_WHAT TO WORK ON:_
Please go through the records below and return every line holding the word "parentheses".

Saved data entries:
══════════════════════════════

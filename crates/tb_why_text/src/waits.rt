//! What each process waits for: a line for each offer.

use crate::atoms::put_atom;
use crate::reasons::{Place, put_reason};
use std::alloc::Global;
use tb_body::{Atom, Program};
use tb_log_plain::{Names, put, put_at, put_process};
use tb_terms::NoMemory;
use tb_tools::Bench;
use tb_why::{Offering, Stall, Standing, Waiter};

/// The data of a bus from which the lines are written.
#[derive(Clone, Copy)]
pub struct Seen<'a> {
    /// The program of the script.
    pub program: &'a Program,
    /// The names of the processes, and the places of their atoms in the source.
    pub names: &'a Names,
    /// The living processes, with their offers.
    pub standings: &'a [Standing],
    /// The lanes and their tools, at the end of the log.
    pub bench: &'a Bench,
    /// The number of ticks that the bus has seen.
    pub now: u64,
    /// Whether no more ticks come.
    pub no_ticks: bool,
    /// Whether the bus has shut down. If so, the lines are about the bus just before the shutdown.
    pub is_down: bool,
}

impl<'a> Seen<'a> {
    /// Returns the atom with this number, from 1, of a body.
    pub(crate) fn atom(&self, body: u32, atom: u32) -> Option<&'a Atom> {
        let body = self.program.bodies.get(body as usize)?;
        body.atoms.get((atom as usize).saturating_sub(1))
    }
}

/// Appends a line for each offer of each process, or one for a process that offers nothing.
pub fn write_waits(
    alloc: Global,
    seen: &Seen,
    waiters: &[Waiter],
    into: &mut Vec<u8>,
) -> Result<(), NoMemory> {
    if waiters.is_empty() {
        return put(b"no process is left\n", into);
    }
    for (position, waiter) in waiters.iter().enumerate() {
        if let Some(standing) = seen.standings.get(position) {
            put_waiter(alloc, seen, waiter, standing, into)?;
        }
    }
    Ok(())
}

/// Appends the lines of one process.
fn put_waiter(
    alloc: Global,
    seen: &Seen,
    waiter: &Waiter,
    standing: &Standing,
    into: &mut Vec<u8>,
) -> Result<(), NoMemory> {
    if waiter.stalls.is_empty() {
        put_process(seen.names, waiter.number, waiter.body, into)?;
        return put(
            b": each way is barred: by an if without else that is false, by a test that is neither true nor false, or by a call with an argument that has no value of its type\n",
            into,
        );
    }
    for (position, stall) in waiter.stalls.as_slice().iter().enumerate() {
        if let Some(offer) = standing.offers.get(position) {
            put_stall(alloc, seen, waiter, stall, offer, into)?;
        }
    }
    Ok(())
}

/// Appends the line of one offer.
fn put_stall(
    alloc: Global,
    seen: &Seen,
    waiter: &Waiter,
    stall: &Stall,
    offer: &Offering,
    into: &mut Vec<u8>,
) -> Result<(), NoMemory> {
    let Some(atom) = seen.atom(waiter.body, stall.atom) else {
        return Ok(());
    };
    put_at(seen.names, waiter.number, waiter.body, stall.atom, into)?;
    put(b": ", into)?;
    put_atom(seen.program, &atom.act, offer, into)?;
    put(b": ", into)?;
    match stall.reason {
        Some(reason) => {
            let place = Place {
                number: waiter.number,
                atom,
                offer,
            };
            put_reason(alloc, seen, &place, reason, into)?;
        }
        None if seen.is_down => put(b"it could happen when the bus shut down", into)?,
        None => put(b"it can happen next", into)?,
    }
    put(b"\n", into)
}
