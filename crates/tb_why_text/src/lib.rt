//! Reasons as sentences: what each process of a bus waits for.
#![tactic(auto)]

mod acts;
mod atoms;
mod near;
mod reasons;
mod times;
mod waits;

pub use waits::{Seen, write_waits};
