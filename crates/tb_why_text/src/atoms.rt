//! An offered atom with its values and its patterns.

use crate::acts::act_name;
use tb_body::{Act, Program, Tool};
use tb_iface::write_pattern;
use tb_log_plain::{put, put_comma, put_terms};
use tb_terms::{NoMemory, Pattern};
use tb_why::Offering;

/// Appends the atom with the values that it sends and the patterns that it matches: `rec-msg(reply,a,<int>)`. If a value or a pattern
/// can't be evaluated, `..` replaces all of them. For `execute`, `rec-connect` and `rec-disconnect` with a variable, appends the name of
/// the tool.
pub(crate) fn put_atom(
    program: &Program,
    act: &Act,
    offer: &Offering,
    into: &mut Vec<u8>,
) -> Result<(), NoMemory> {
    put(act_name(act), into)?;
    match act {
        Act::Delta | Act::Tau => Ok(()),
        Act::Execute { tool, .. }
        | Act::RecConnect { tool, .. }
        | Act::RecDisconnectAny { tool, .. } => put_kind(program, *tool, into),
        Act::Set { .. } => put_value(offer, into),
        _ => put_arguments(offer, into),
    }
}

/// Appends the name of a tool of the script in parentheses.
fn put_kind(program: &Program, tool: u32, into: &mut Vec<u8>) -> Result<(), NoMemory> {
    let kind: Option<&Tool> = program.tools.get(tool as usize);
    if let Some(kind) = kind {
        put(b"(", into)?;
        put(kind.name.as_bytes(), into)?;
        put(b")", into)?;
    }
    Ok(())
}

/// Appends the value that an assignment gives to its variable, or `..` if the expression has no value.
fn put_value(offer: &Offering, into: &mut Vec<u8>) -> Result<(), NoMemory> {
    put(b" ", into)?;
    match &offer.sent {
        Some(sent) => put_terms(sent.as_slice(), into),
        None => put(b"..", into),
    }
}

/// Appends the values and then the patterns in parentheses, or `(..)` if one of them has no value.
fn put_arguments(offer: &Offering, into: &mut Vec<u8>) -> Result<(), NoMemory> {
    let (Some(sent), Some(patterns)) = (&offer.sent, &offer.patterns) else {
        return put(b"(..)", into);
    };
    if sent.is_empty() && patterns.is_empty() {
        return Ok(());
    }
    put(b"(", into)?;
    put_terms(sent.as_slice(), into)?;
    if !sent.is_empty() && !patterns.is_empty() {
        put(b",", into)?;
    }
    put_patterns(patterns.as_slice(), into)?;
    put(b")", into)
}

/// Appends patterns with commas between them.
pub(crate) fn put_patterns(patterns: &[Pattern], into: &mut Vec<u8>) -> Result<(), NoMemory> {
    for (place, pattern) in patterns.iter().enumerate() {
        put_comma(place, into)?;
        write_pattern(pattern, into)?;
    }
    Ok(())
}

══════════════════════════════

_ANSWER FOR THE TASK:_
/// Appends the name of a tool of the script in parentheses.
/// Appends the values and then the patterns in parentheses, or `(..)` if one of them has no value.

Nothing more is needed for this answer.